At the beginning of the week Google launched Eddystone, an open source and cross-platform Bluetooth LE beacon standard. At first glance it looks a lot like Apple’s iBeacon, but there’s more going on here than meets the eye.
Two years ago at WWDC Apple quietly introduced the iBeacon as a way to add real world context to smart phone applications.
The iBeacon does exactly what you’d expect, it acts as a beacon, broadcasting a universal unique identifier (UUID) that can be picked up by a phone or other Bluetooth LE device. This identifier can be used to trigger a location-based action, such as generating a push notification on the user’s device. While not providing true indoor location capabilities, the beacons can therefore act as a proximity notification service.
However the beacons are limited, it can’t broadcast arbitrary information, just its UUID and a Major and Minor ID number — together the three numbers uniquely identify the beacon hardware — which must be mapped by your smart phone application to a location associated with that identity.
While there have been some interesting attempts to generate novel use cases for beacon hardware, some less successful than others, for the most part the beacons haven’t been used that much outside retail environments. Despite the intense interest surrounding the iBeacon technology, it hasn’t really gone mainstream.
In part this is because of the Apple’s infamous MFi Program. This is Apple’s licensing program for third party developers and manufacturers wanting to build accessories for the iPhone, while it doesn’t include Bluetooth LE accessories that use standard Bluetooth profiles, it does include HomeKit devices and Apple’s iBeacon technology.

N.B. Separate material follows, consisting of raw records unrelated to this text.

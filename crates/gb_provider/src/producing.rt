//! Finds the tasks that produce the value of an expression, and caches them.
ghost use Rattle.std.specs.Prelude.{◌≡◌, ◌≢◌, ◌<◌, None, length};
ghost use Rattle.gb_provider.specs.Answers.{value_of};
ghost use Rattle.gb_provider.specs.Produced.{AreProducers, IsEndlessReported, carriers};
ghost use Rattle.gb_provider.specs.Indexed.{IsIndexed};
ghost use Rattle.gb_provider.specs.Remembered.{AreWithin, IsRemembered};
ghost use Rattle.gb_provider.specs.Rules.{rules};
ghost use Rattle.gb_provider.specs.Search.{IsEvaluated, IsSound, known};

use crate::carriers::TaskReader;
use crate::evaluate::known_at;
use crate::evaluation::State;
use crate::expression::{Expression, Outcome};
use crate::expressions::Outputs;
use crate::fault::ProviderFault;
use crate::produced::Produced;
use crate::recall::{extend, recall, report_circle};
use crate::shared_value::Shared;
use crate::transforms::Transforms;
use crate::work_list::evaluate;
use gb_core::task_paths::TaskPaths;
use std::alloc::{AllocError, Global};
use std::mem;

/// Finds the tasks of an expression: afterwards they are known, unless it runs into a circle.
fn evaluate_producers<T: Transforms>(
    alloc: Global,
    nodes: &[Expression<T::Map, T::FlatMap, T::Zip>],
    outputs: &Outputs,
    values: &mut Vec<State<Shared<Outcome>>>,
    states: &mut Vec<State<Shared<Produced<usize>>>>,
    number: usize,
) -> Result<Option<Vec<usize>>, AllocError>
    requires index { IsIndexed nodes.now outputs.now }
    requires number { number < length nodes.now }
    requires within { AreWithin nodes.now }
    requires values { IsRemembered (rules T.meanings nodes.now) values.old.items }
    requires remembered { IsRemembered (carriers T.meanings nodes.now) states.old.items }
    ensures values { IsRemembered (rules T.meanings nodes.now) values.new.items }
    ensures evaluated { IsEvaluated (carriers T.meanings nodes.now) number states.new.items result }
{
    extend(states, nodes.len())?;
    let held = mem::replace(values, Vec::new(alloc));
    let mut reader = TaskReader::<T> {
        alloc,
        nodes,
        outputs,
        values: held,
    };
    let found = evaluate(alloc, &mut reader, states, number);
    let TaskReader { values: held, .. } = reader;
    *values = held;
    found
}

/// The fault of an expression whose value has to choose but never has an answer.
fn report_endless<T: Transforms>(
    alloc: Global,
    nodes: &[Expression<T::Map, T::FlatMap, T::Zip>],
    outputs: &Outputs,
    values: &mut Vec<State<Shared<Outcome>>>,
    chooser: usize,
) -> ProviderFault
    requires index { IsIndexed nodes.now outputs.now }
    requires chooser { chooser < length nodes.now }
    requires endless { value_of T.meanings nodes.now chooser ≡ None }
    requires within { AreWithin nodes.now }
    requires values { IsRemembered (rules T.meanings nodes.now) values.old.items }
    ensures values { IsRemembered (rules T.meanings nodes.now) values.new.items }
    ensures reported { IsEndlessReported T.meanings nodes.now chooser result }
{
    match recall::<T>(alloc, nodes, outputs, values, chooser) {
        Ok(_) => unreachable!(),
        Err(fault) => fault,
    }
}

/// Returns the tasks that are known.
fn report_producers<T: Transforms>(
    alloc: Global,
    nodes: &[Expression<T::Map, T::FlatMap, T::Zip>],
    outputs: &Outputs,
    values: &mut Vec<State<Shared<Outcome>>>,
    states: &[State<Shared<Produced<usize>>>],
    number: usize,
) -> Result<TaskPaths, ProviderFault>
    requires index { IsIndexed nodes.now outputs.now }
    requires within { AreWithin nodes.now }
    requires values { IsRemembered (rules T.meanings nodes.now) values.old.items }
    requires number { number < length states.now }
    requires sound { IsSound (carriers T.meanings nodes.now) states.now }
    requires known { known states.now number ≢ None }
    ensures values { IsRemembered (rules T.meanings nodes.now) values.new.items }
    ensures producers { AreProducers T.meanings nodes.now number result }
{
    match known_at(states, number) {
        Some(Produced::Tasks(tasks)) => Ok(tasks.copy(alloc)?),
        Some(Produced::Refused(fault)) => Err(ProviderFault::Value(fault.copy()?)),
        Some(Produced::Endless(chooser)) => {
            Err(report_endless::<T>(alloc, nodes, outputs, values, *chooser))
        }
        None => unreachable!(),
    }
}

/// The tasks that produce the value of an expression.
pub(crate) fn recall_producers<T: Transforms>(
    alloc: Global,
    nodes: &[Expression<T::Map, T::FlatMap, T::Zip>],
    outputs: &Outputs,
    values: &mut Vec<State<Shared<Outcome>>>,
    states: &mut Vec<State<Shared<Produced<usize>>>>,
    number: usize,
) -> Result<TaskPaths, ProviderFault>
    requires index { IsIndexed nodes.now outputs.now }
    requires number { number < length nodes.now }
    requires within { AreWithin nodes.now }
    requires values { IsRemembered (rules T.meanings nodes.now) values.old.items }
    requires remembered { IsRemembered (carriers T.meanings nodes.now) states.old.items }
    ensures values { IsRemembered (rules T.meanings nodes.now) values.new.items }
    ensures remembered { IsRemembered (carriers T.meanings nodes.now) states.new.items }
    ensures producers { AreProducers T.meanings nodes.now number result }
{
    match evaluate_producers::<T>(alloc, nodes, outputs, values, states, number) {
        Ok(None) => report_producers::<T>(alloc, nodes, outputs, values, states, number),
        Ok(Some(circle)) => {
            states.clear();
            Err(report_circle(alloc, nodes, &circle))
        }
        Err(AllocError) => {
            states.clear();
            Err(ProviderFault::OutOfMemory)
        }
    }
}
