//! All expressions by number, and the number of each output.
ghost use Rattle.std.specs.BTreeMap.{get, is_at};
ghost use Rattle.std.specs.Prelude.{◌≡◌, ◌<◌, ◌++◌, [], ◌∷◌, cond, length, None, Some, OnErr, OnOk, Ok};
ghost use Rattle.std.specs.Prelude.{slice_get, slice_set, vec_capacity, vec_len};
ghost use Rattle.gb_provider.specs.Changes.{AreChanged};
ghost use Rattle.gb_provider.specs.Indexed.{chosen_order, IsIndexed, IsNoOutput};
ghost use Rattle.gb_provider.specs.Rules.{PlaceWithin, output_place};

use crate::expression::{Expression, Output};
use crate::fault::{Chosen, Final};
use crate::property_change::{Change, change_property, declare};
use std::alloc::{AllocError, Global};
use std::collections::BTreeMap;
use std::marker::Model;

/// The number of each output.
pub(crate) type Outputs = BTreeMap<Chosen, usize>;

/// The number of an output among these expressions.
pub(crate) fn place_of<M, F, Z>(
    nodes: &[Expression<M, F, Z>],
    outputs: &Outputs,
    chosen: &Chosen,
) -> Option<usize>
    requires { IsIndexed nodes.now outputs.now }
    ensures place { result ≡ output_place nodes.now chosen.now }
    ensures within { PlaceWithin (length nodes.now) result }
{
    let _ = nodes;
    outputs.get(chosen).copied()
}

/// Records the number of an output.
fn index_output(outputs: &mut Outputs, chosen: &Chosen, number: usize) -> Result<(), AllocError>
    ensures ok { OnOk result ((key : Chosen)
        → get chosen_order outputs.new key
        ≡ cond (is_at (chosen_order chosen.now) key) (Some number) (get chosen_order outputs.old key)) }
    ensures err { OnErr result ((key : Chosen)
        → get chosen_order outputs.new key ≡ get chosen_order outputs.old key) }
{
    let key = chosen.copy()?;
    outputs.insert(key, number)?;
    Ok(())
}

/// Makes room for one more expression, and records that an output has its number.
fn make_room<'a, M: Drop, F: Drop, Z: Drop>(
    nodes: &mut Vec<Expression<'a, M, F, Z>>,
    outputs: &mut Outputs,
    chosen: &Chosen,
) -> Result<(), AllocError>
    ensures kept { nodes.new.items ≡ nodes.old.items }
    ensures room { OnOk result (vec_len nodes.new < vec_capacity nodes.new) }
    ensures ok { OnOk result ((key : Chosen)
        → get chosen_order outputs.new key
        ≡ cond (is_at (chosen_order chosen.now) key) (Some (length nodes.old.items))
        (get chosen_order outputs.old key)) }
    ensures err { OnErr result ((key : Chosen)
        → get chosen_order outputs.new key ≡ get chosen_order outputs.old key) }
{
    let number = nodes.len();
    nodes.reserve(1)?;
    index_output(outputs, chosen, number)
}

/// Appends an expression, for which there is room.
fn push_reserved<'a, M: Drop, F: Drop, Z: Drop>(
    nodes: &mut Vec<Expression<'a, M, F, Z>>,
    node: Expression<'a, M, F, Z>,
)
    requires { vec_len nodes.old < vec_capacity nodes.old }
    ensures { nodes.new.items ≡ nodes.old.items ++ node.entry ∷ [] }
{
    match nodes.push(node) {
        Ok(()) => {}
        Err(_) => unreachable!(),
    }
}

/// All expressions by number.
#[derive(Drop)]
pub(crate) struct Expressions<'a, M, F, Z> {
    nodes: Vec<Expression<'a, M, F, Z>>,
    outputs: Outputs,
}

impl<'a, M, F, Z> Model for Expressions<'a, M, F, Z> {
    ghost use Rattle.std.specs.Prelude.{List};
    ghost use Rattle.gb_provider.specs.declared.expression.Expression as expressions;
    ghost use Rattle.gb_provider.specs.Indexed.{IsIndexed};

    ghost Value = { List (expressions.Expression M F Z) };

    ghost view = { λ e. e.nodes.items };

    ghost invariant = { λ e. IsIndexed e.nodes.items e.outputs };
}

impl<'a, M, F, Z> Expressions<'a, M, F, Z> {
    /// No expression yet.
    pub fn new(alloc: Global) -> Self
        ensures { result ≡ [] }
    {
        Expressions {
            nodes: Vec::new(alloc),
            outputs: BTreeMap::new(alloc),
        }
    }

    /// How many expressions there are: the number of the next one.
    pub fn len(&self) -> usize
        ensures { result ≡ length self.now }
    {
        self.nodes.len()
    }

    /// The expressions by number.
    pub fn as_slice(&self) -> &[Expression<'a, M, F, Z>]
        ensures { result.now ≡ self.now }
    {
        self.nodes.as_slice()
    }

    /// The number of each output.
    pub fn outputs(&self) -> &Outputs
        ensures { IsIndexed self.now result.now }
    {
        &self.outputs
    }

    /// The number of an output.
    pub fn place(&self, chosen: &Chosen) -> Option<usize>
        ensures place { result ≡ output_place self.now chosen.now }
        ensures within { PlaceWithin (length self.now) result }
    {
        place_of(&self.nodes, &self.outputs, chosen)
    }
}

impl<'a, M: Drop, F: Drop, Z: Drop> Expressions<'a, M, F, Z> {
    /// Appends an expression that is no output.
    pub fn push(&mut self, expression: Expression<'a, M, F, Z>) -> Result<(), AllocError>
        requires { IsNoOutput expression }
        ensures ok { OnOk result (self.new ≡ self.old ++ expression.entry ∷ []) }
        ensures err { OnErr result (self.new ≡ self.old) }
    {
        self.nodes.push(expression)?;
        Ok(())
    }

    /// Appends an output that is not in the table yet.
    pub fn push_output(&mut self, chosen: Chosen, declared: Option<usize>) -> Result<(), AllocError>
        requires { output_place self.old chosen ≡ None }
        ensures ok { OnOk result (self.new
            ≡ self.old ++ Expression.OfOutput (record { chosen = chosen; declared = declared }) ∷ []) }
        ensures err { OnErr result (self.new ≡ self.old) }
    {
        match make_room(&mut self.nodes, &mut self.outputs, &chosen) {
            Ok(()) => {}
            Err(AllocError) => {
                drop(chosen);
                return Err(AllocError);
            }
        }
        push_reserved(
            &mut self.nodes,
            Expression::OfOutput(Output { chosen, declared }),
        );
        Ok(())
    }

    /// Declares the output with this number as an expression.
    pub fn declare(&mut self, number: usize, chosen: &Chosen, source: usize)
        requires within { number < length self.old }
        requires exists { output_place self.old chosen.now ≡ Some number }
        ensures { self.new
            ≡ slice_set self.old number
            (Expression.OfOutput (record { chosen = chosen.now; declared = Some source })) }
    {
        declare(&mut self.nodes[number], source);
    }

    /// Changes a property that accepts the change.
    pub fn change(&mut self, number: usize, change: Change) -> Result<(), Final>
        requires { number < length self.old }
        ensures { AreChanged change self.old number self.new result }
    {
        change_property(&mut self.nodes[number], change)
    }
}
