//! Caches answers.
ghost use Rattle.std.specs.Prelude.{◌≡◌, ◌≢◌, ◌<◌, ◌≤◌, ℕ, length, IfOk, OnOk, None, Some, slice_get};
ghost use Rattle.std.specs.Bool.{OnFalse};
ghost use Rattle.gb_provider.specs.Answers.{IsGot, value_of};
ghost use Rattle.gb_provider.specs.Indexed.{IsIndexed};
ghost use Rattle.gb_provider.specs.Names.{IsCircleReported};
ghost use Rattle.gb_provider.specs.Remembered.{AreWithin, IsForgotten, IsRemembered, IsReported};
ghost use Rattle.gb_provider.specs.Rules.{rules};
ghost use Rattle.gb_provider.specs.Search.{IsEvaluated, known};

use crate::circle_names::circle_names;
use crate::evaluate::{ValueReader, known_at, shared_at};
use crate::evaluation::State;
use crate::expression::{Expression, Outcome};
use crate::expressions::Outputs;
use crate::fault::ProviderFault;
use crate::shared_value::Shared;
use crate::transforms::Transforms;
use crate::work_list::evaluate;
use gb_core::value::Value;
use std::alloc::{AllocError, Global};

/// Gives each expression a state.
pub(crate) fn extend<A: Drop>(states: &mut Vec<State<A>>, count: usize) -> Result<(), AllocError>
    requires { length states.old.items ≤ count }
    ensures known { (e : ℕ) → known states.new.items e ≡ known states.old.items e }
    ensures closed { (e : ℕ) → slice_get states.old.items e ≢ Some State.Open
        → slice_get states.new.items e ≢ Some State.Open }
    ensures within { length states.new.items ≤ count }
    ensures all { OnOk result (length states.new.items ≡ count) }
{
    for i in states.len()..count {
        let _ = i;
        states.push(State::New)?;
    }
    Ok(())
}

/// Forgets all answers, unless that of this expression is not known: then no other is based on it.
pub(crate) fn forget<A: Drop>(states: &mut Vec<State<A>>, number: usize)
    ensures { IsForgotten number states.old.items states.new.items }
{
    if is_known_at(states, number) {
        states.clear();
    }
}

/// Whether an answer is known.
fn is_known_at<A>(states: &[State<A>], number: usize) -> bool
    ensures { OnFalse result (known states.now number ≡ None) }
{
    match states.get(number) {
        Some(State::Known(_)) => true,
        _ => false,
    }
}

/// Returns the answer that is known.
fn report(
    alloc: Global,
    states: &[State<Shared<Outcome>>],
    number: usize,
) -> Result<Option<Value>, ProviderFault>
    requires within { number < length states.now }
    requires known { known states.now number ≢ None }
    ensures { IsReported (known states.now number) result }
{
    match known_at(states, number) {
        Some(Outcome::Given(value)) => Ok(Some(value.copy(alloc)?)),
        Some(Outcome::Absent) => Ok(None),
        Some(Outcome::Refused(fault)) => Err(ProviderFault::Value(fault.copy()?)),
        None => unreachable!(),
    }
}

/// Evaluates an expression: afterwards its value is known, unless it runs into a circle.
fn evaluate_value<T: Transforms>(
    alloc: Global,
    nodes: &[Expression<T::Map, T::FlatMap, T::Zip>],
    outputs: &Outputs,
    states: &mut Vec<State<Shared<Outcome>>>,
    number: usize,
) -> Result<Option<Vec<usize>>, AllocError>
    requires index { IsIndexed nodes.now outputs.now }
    requires number { number < length nodes.now }
    requires within { AreWithin nodes.now }
    requires remembered { IsRemembered (rules T.meanings nodes.now) states.old.items }
    ensures { IsEvaluated (rules T.meanings nodes.now) number states.new.items result }
{
    extend(states, nodes.len())?;
    let mut reader = ValueReader::<T> {
        alloc,
        nodes,
        outputs,
    };
    evaluate(alloc, &mut reader, states, number)
}

/// The fault of a circle, with its names.
pub(crate) fn report_circle<M, F, Z>(
    alloc: Global,
    nodes: &[Expression<M, F, Z>],
    circle: &[usize],
) -> ProviderFault
    ensures { IsCircleReported nodes.now circle.now result }
{
    match circle_names(alloc, nodes, circle) {
        Ok(names) => ProviderFault::Circular(names),
        Err(AllocError) => ProviderFault::OutOfMemory,
    }
}

/// The value of an expression, which is cached.
pub(crate) fn recall<T: Transforms>(
    alloc: Global,
    nodes: &[Expression<T::Map, T::FlatMap, T::Zip>],
    outputs: &Outputs,
    states: &mut Vec<State<Shared<Outcome>>>,
    number: usize,
) -> Result<Option<Value>, ProviderFault>
    requires index { IsIndexed nodes.now outputs.now }
    requires number { number < length nodes.now }
    requires within { AreWithin nodes.now }
    requires remembered { IsRemembered (rules T.meanings nodes.now) states.old.items }
    ensures remembered { IsRemembered (rules T.meanings nodes.now) states.new.items }
    ensures got { IsGot T.meanings nodes.now number result }
{
    match evaluate_value::<T>(alloc, nodes, outputs, states, number) {
        Ok(None) => report(alloc, states, number),
        Ok(Some(circle)) => {
            states.clear();
            Err(report_circle(alloc, nodes, &circle))
        }
        Err(AllocError) => {
            states.clear();
            Err(ProviderFault::OutOfMemory)
        }
    }
}

/// The shared answer that is known.
fn share_known(
    states: &[State<Shared<Outcome>>],
    number: usize,
) -> Result<Option<Shared<Outcome>>, AllocError>
    requires within { number < length states.now }
    requires known { known states.now number ≢ None }
    ensures { IfOk result (λ found. found ≡ known states.now number) }
{
    match shared_at(states, number) {
        Some(answer) => Ok(Some(answer.share()?)),
        None => unreachable!(),
    }
}

/// The answer of an expression, which is cached; nothing if it runs into a circle.
pub(crate) fn recall_outcome<T: Transforms>(
    alloc: Global,
    nodes: &[Expression<T::Map, T::FlatMap, T::Zip>],
    outputs: &Outputs,
    states: &mut Vec<State<Shared<Outcome>>>,
    number: usize,
) -> Result<Option<Shared<Outcome>>, AllocError>
    requires index { IsIndexed nodes.now outputs.now }
    requires number { number < length nodes.now }
    requires within { AreWithin nodes.now }
    requires remembered { IsRemembered (rules T.meanings nodes.now) states.old.items }
    ensures remembered { IsRemembered (rules T.meanings nodes.now) states.new.items }
    ensures value { IfOk result (λ found. found ≡ value_of T.meanings nodes.now number) }
{
    match evaluate_value::<T>(alloc, nodes, outputs, states, number) {
        Ok(None) => share_known(states, number),
        Ok(Some(_)) => {
            states.clear();
            Ok(None)
        }
        Err(AllocError) => {
            states.clear();
            Err(AllocError)
        }
    }
}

Despite this, everything you need to replicate an iBeacon is right out in the open, as it broadcasts all the information you need to reverse engineer the beacon specification. As a result a lot of people sat down and wrote Android libraries to support the standard. However as time moved on, Apple cracked down on these developers and forced them to make changes and remove Android support. They’ve also forced hardware companies to sign up for licenses before distributing beacons — for instance iBeacon support for TI’s SensorTag hardware was yanked by the company soon after it was announced.
This in turn led to various initiatives, such as the AltBeacon standard from Radius Networks. However all of these basically copied the iBeacon, Eddystone — named after the Eddystone Lighthouse off the coast of Devon in England — does something different.
Eddystone is cross-platform, and open source, distributed under the Apache v2.0 license. While support is built into Google Play Services’ Nearby API on Android, it also has library support for iOS.
Perhaps more interestingly, it doesn’t work quite the same way as Apple’s iBeacon. Instead of just advertising a unique identifier, Eddystone also offers a second type of advertisement, a URL. Effectively, Google have created a broadcast version of the QR code, one at which you don’t have to point your phone, but instead one which can be passively consumed by everyone within range of the beacon.
The URL frame type is a lot more flexible than the unique identity, because instead of being a pointer to a back end database, uninterpretable by anyone except the company — and the app — that the beacon is associated with, a URL can be interpreted by any piece of software that can see the beacon.
But unlike Google’s previous attempt at a beacon standard, their Physical Web project, it doesn’t just advertise the URL frame. Alongside the UUID and URL frames, Google’s Eddystone can also be configured to broadcast two other types of information, an Ephemeral Identifier (EID) and a telemetry stream.
Information about these last two frame types is still a little bit thin on the ground, however the telemetry stream is supposed to help companies deploy a large number of beacons and then find,
Despite it being incompatible with Apple’s iBeacon, hardware manufacturers like Radius Network, bluvision and Estimote have rushed to support the new standard, and it’s going to be interesting to watch how this develops. Especially as the security implications of URL broadcast are more severe than broadcasting simple unique identifiers, and in the past some manufacturers’ beacons haven’t been that hard to reverse engineer and modify.